// Why a call says no: one list of refusals for every call, each with its number. A refused call leaves all as it was.

#![tactic(auto)]

ghost use Rattle.std.specs.Prelude.{◌≡◌};
ghost use Rattle.refusal.specs.Numbers.{number_of};

mod words;

#[derive(Clone, Copy, PartialEq, Eq, Debug)]
pub enum Refusal {
    UnknownMode = 11,
    UnknownConstellation = 12,
    UnknownRate = 13,
    UnknownGuard = 14,
    // A packet, a collect buffer or a protected packet of another length than it has to be.
    PacketLength = 15,
    BufferShort = 16,
    // A frame that isn't 1 to 4, or a parity that isn't 0 or 1.
    FrameOrParity = 17,
    RecordMalformed = 18,
    UnitTooLarge = 21,
    SomethingWaits = 22,
    NotStarted = 30,
    CellsWait = 31,
    FirstByte = 32,
    // The accepted packets aren't a multiple of those in a super-frame.
    PartSuperFrame = 33,
    Closed = 34,
    Started = 35,
    // The pile doesn't take bytes, or holds back a whole super-frame.
    PileUnfit = 36,
}

impl Refusal {
    // The number by which the outside knows a refusal.
    pub fn number(self) -> u8
        ensures { result ≡ number_of self }
    {
        self as u8
    }
}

+ + + + + + +

Directions for this task:
Scan the entries for lines with the word "Rattle". The number of such lines is the whole answer.

Output:
2